# Provided material
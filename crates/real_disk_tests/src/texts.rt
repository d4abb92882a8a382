//! Contents of slots.
use std::alloc::Global;
use std::io;
use tree_face::Slot;
use trial_devices::Random;

const LENGTHS: &[usize] = &[0, 1, 24, 63, 64, 65, 300, 4095, 4096, 4097, 9000];

// The first bytes of a cache (ld.so.cache has this text first).
const MAGIC: &[u8] = b"glibc-ld.so.cache1.1";

/// A content of random length. Half of them begin like a cache.
pub fn text_of(alloc: Global, random: &mut Random) -> io::Result<Vec<u8>> {
    let mut text = Vec::new(alloc);
    if random.once_in(2) {
        text.extend_from_slice(MAGIC)?;
    }
    let length = LENGTHS[random.below(LENGTHS.len())];
    text.extend_from_slice(random.bytes(alloc, length)?.as_slice())?;
    Ok(text)
}

/// What is read of a slot with this content: the first bytes of a text are enough to show that it isn't a cache.
pub fn shown(slot: Slot, content: &[u8]) -> &[u8] {
    let is_cache = content.len() >= 24 && content.starts_with(MAGIC);
    if slot == Slot::Cache && !is_cache {
        &content[..content.len().min(64)]
    } else {
        content
    }
}
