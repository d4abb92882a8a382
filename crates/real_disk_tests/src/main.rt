//! Trials of the disk over a real directory: the same calls on it and on a disk in memory.
#![tactic(auto)]

mod faults;
mod host;
mod replacing;
mod texts;
mod turns;

use crate::faults::{try_read_faults, try_write_faults};
use crate::turns::try_turns;
use std::io;
use std::process::ExitCode;
use trial_devices::{Report, Trial};

fn main(rt: HostRuntime) -> io::Result<ExitCode> {
    let trial = Trial::new(rt)?;
    let mut report = Report::new(&rt);
    try_turns(&rt, &trial, &mut report)?;
    try_read_faults(&rt, &trial, &mut report)?;
    try_write_faults(&rt, &trial, &mut report)?;
    Ok(report.status())
}
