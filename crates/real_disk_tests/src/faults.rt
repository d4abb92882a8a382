//! Each call of the system fails in turn.
use crate::host::{SLOTS, content_of, disk_of, file_of, make_dirs, make_image, temporaries};
use crate::replacing::{ALL, Job, replace};
use std::{fs, io};
use tree_face::{Disk, Slot, Tag};
use trial_devices::{Manner, Report, SystemCall, Trial};

// Two contents that begin like a cache.
const OLD: &[u8] = b"glibc-ld.so.cache1.1\0\0\0\0, old";

const NEW: &[u8] = b"glibc-ld.so.cache1.1\0\0\0\0new";

// More calls of the system than a reading or a replacement makes.
const MOST: u64 = 200;

// Replacements of a slot, and whether its file is there.
const CASES: &[(Slot, bool)] = &[
    (Slot::Manifest, true),
    (Slot::Cache, true),
    (Slot::Aux, true),
    (Slot::Cache, false),
    (Slot::Aux, false),
];

// Makes the image with the old files, or without files.
fn put_old(rt: &HostRuntime, is_there: bool) -> io::Result<()> {
    make_image(rt)?;
    if is_there {
        make_dirs(rt)?;
        for slot in SLOTS {
            fs::write(rt, file_of(slot), OLD)?;
        }
    }
    Ok(())
}

/// Reads each slot byte by byte, with each call of the system failing in turn.
pub fn try_read_faults(rt: &HostRuntime, trial: &Trial, report: &mut Report<'_>) -> io::Result<()> {
    report.begin("failing calls while a slot is read");
    put_old(rt, true)?;
    trial.plan().move_in(Manner::of(3));
    for slot in SLOTS {
        read_failing(rt, trial, slot, report)?;
    }
    trial.plan().move_in(Manner::WHOLE);
    report.end(SLOTS.len() as u64)
}

// Reads a slot with each call failing in turn, until none is left.
fn read_failing(
    rt: &HostRuntime,
    trial: &Trial,
    slot: Slot,
    report: &mut Report<'_>,
) -> io::Result<()> {
    for calls in 0..MOST {
        report.go_to(calls);
        if !try_reading(rt, trial, slot, calls, report)? {
            report.expect(calls > 0, "makes no call");
            return Ok(());
        }
    }
    report.expect(false, "makes too many calls");
    Ok(())
}

// The call with this number fails. Then the slot is read again. Returns whether there is such a call.
fn try_reading(
    rt: &HostRuntime,
    trial: &Trial,
    slot: Slot,
    calls: u64,
    report: &mut Report<'_>,
) -> io::Result<bool> {
    let mut real = disk_of(trial)?;
    let plan = trial.plan();
    plan.fail_after(calls);
    let is_whole = reads_old(rt, &mut real, slot);
    let failed = plan.end_failing().is_some();
    report.expect(is_whole != failed, "hides an error");
    report.expect(
        plan.take_lines() == u64::from(failed),
        "not one line for its error",
    );
    report.expect(reads_old(rt, &mut real, slot), "fails after an error");
    Ok(failed)
}

fn reads_old<D: Disk>(rt: &HostRuntime, disk: &mut D, slot: Slot) -> bool {
    match disk.read(rt.alloc(), slot) {
        Ok(Some(content)) => content.as_slice() == OLD,
        _ => false,
    }
}

/// Replaces each slot, byte by byte, with each call of the system failing in turn.
pub fn try_write_faults(
    rt: &HostRuntime,
    trial: &Trial,
    report: &mut Report<'_>,
) -> io::Result<()> {
    report.begin("failing calls while a slot is replaced");
    trial.plan().move_in(Manner::of(3));
    for case in CASES {
        write_failing(rt, trial, *case, report)?;
    }
    trial.plan().move_in(Manner::WHOLE);
    report.end(CASES.len() as u64)
}

// Replaces a slot with each call failing in turn, until none is left.
fn write_failing(
    rt: &HostRuntime,
    trial: &Trial,
    case: (Slot, bool),
    report: &mut Report<'_>,
) -> io::Result<()> {
    let (slot, is_there) = case;
    for calls in 0..MOST {
        report.go_to(calls);
        put_old(rt, is_there)?;
        if !try_writing(rt, trial, slot, calls, report)? {
            report.expect(calls > 0, "makes no call");
            return Ok(());
        }
    }
    report.expect(false, "makes too many calls");
    Ok(())
}

// The call with this number fails. Then the slot is replaced again. Returns whether there is such a call.
fn try_writing(
    rt: &HostRuntime,
    trial: &Trial,
    slot: Slot,
    calls: u64,
    report: &mut Report<'_>,
) -> io::Result<bool> {
    let job = Job {
        tag: Tag(0),
        slot,
        calls: ALL,
    };
    let before = content_of(rt, slot);
    let mut real = disk_of(trial)?;
    let plan = trial.plan();
    plan.fail_after(calls);
    let done = replace(&mut real, job, NEW).is_ok();
    let failed = plan.end_failing();
    expect_reported(done, failed, report);
    report.expect(
        plan.take_lines() == u64::from(!done),
        "not one line for its error",
    );
    let after = content_of(rt, slot);
    report.expect(
        is_new(&after) || (!done && after == before),
        "another content",
    );
    report.expect(temporaries(rt) == 0, "leaves a temporary file");
    report.expect(replace(&mut real, job, NEW).is_ok(), "fails after an error");
    report.expect(
        is_new(&content_of(rt, slot)),
        "another content after an error",
    );
    let _ = plan.take_flushes();
    Ok(failed.is_some())
}

fn is_new(content: &Option<Vec<u8>>) -> bool {
    match content {
        Some(content) => content.as_slice() == NEW,
        None => false,
    }
}

// A replacement fails only if a call failed. If a call failed that changes something, it fails.
fn expect_reported(done: bool, failed: Option<SystemCall>, report: &mut Report<'_>) {
    let Some(call) = failed else {
        report.expect(done, "fails without a cause");
        return;
    };
    let is_needed = match call {
        SystemCall::Write | SystemCall::Sync | SystemCall::Rename => true,
        SystemCall::Make | SystemCall::Change => true,
        _ => false,
    };
    report.expect(!done || !is_needed, "hides an error");
}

# What to do
For every line above that holds the word "glibc", report the whole line.

# Response for this exercise
const MAGIC: &[u8] = b"glibc-ld.so.cache1.1";
const OLD: &[u8] = b"glibc-ld.so.cache1.1\0\0\0\0, old";
const NEW: &[u8] = b"glibc-ld.so.cache1.1\0\0\0\0new";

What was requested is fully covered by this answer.